◆ **WHAT YOU HAVE TO DO**: Return only the lines running from the top of the entries to the line with "let mut vb = [0.0; 196608];", inclusive, exactly as written.

Stored data entries:
// Reads a case file from standard input, runs the library and writes the result file to standard output (tests/README.md).
// The arrays have the largest sizes that a case may lend. A case that asks for more, or is cut off, ends the run.
#![tactic(auto)]

mod calls;
mod input;
mod loading;
mod output;
mod reading;
mod steps;
mod tessellated;
mod turns;
mod written;

fn main() {
    let mut va = [0.0; 196608];
    let mut ta = [0u32; 393216];
    let mut vb = [0.0; 196608];
    let mut tb = [0u32; 393216];
    let mut work = [0u32; 131072];
    let mut list = [0.0; 4096];
    turns::run(&mut va, &mut ta, &mut vb, &mut tb, &mut work, &mut list);
}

◆ **SOLUTION TO THE EXERCISE**:
// Reads a case file from standard input, runs the library and writes the result file to standard output (tests/README.md).
// The arrays have the largest sizes that a case may lend. A case that asks for more, or is cut off, ends the run.
#![tactic(auto)]

mod calls;
mod input;
mod loading;
mod output;
mod reading;
mod steps;
mod tessellated;
mod turns;
mod written;

fn main() {
    let mut va = [0.0; 196608];
    let mut ta = [0u32; 393216];
    let mut vb = [0.0; 196608];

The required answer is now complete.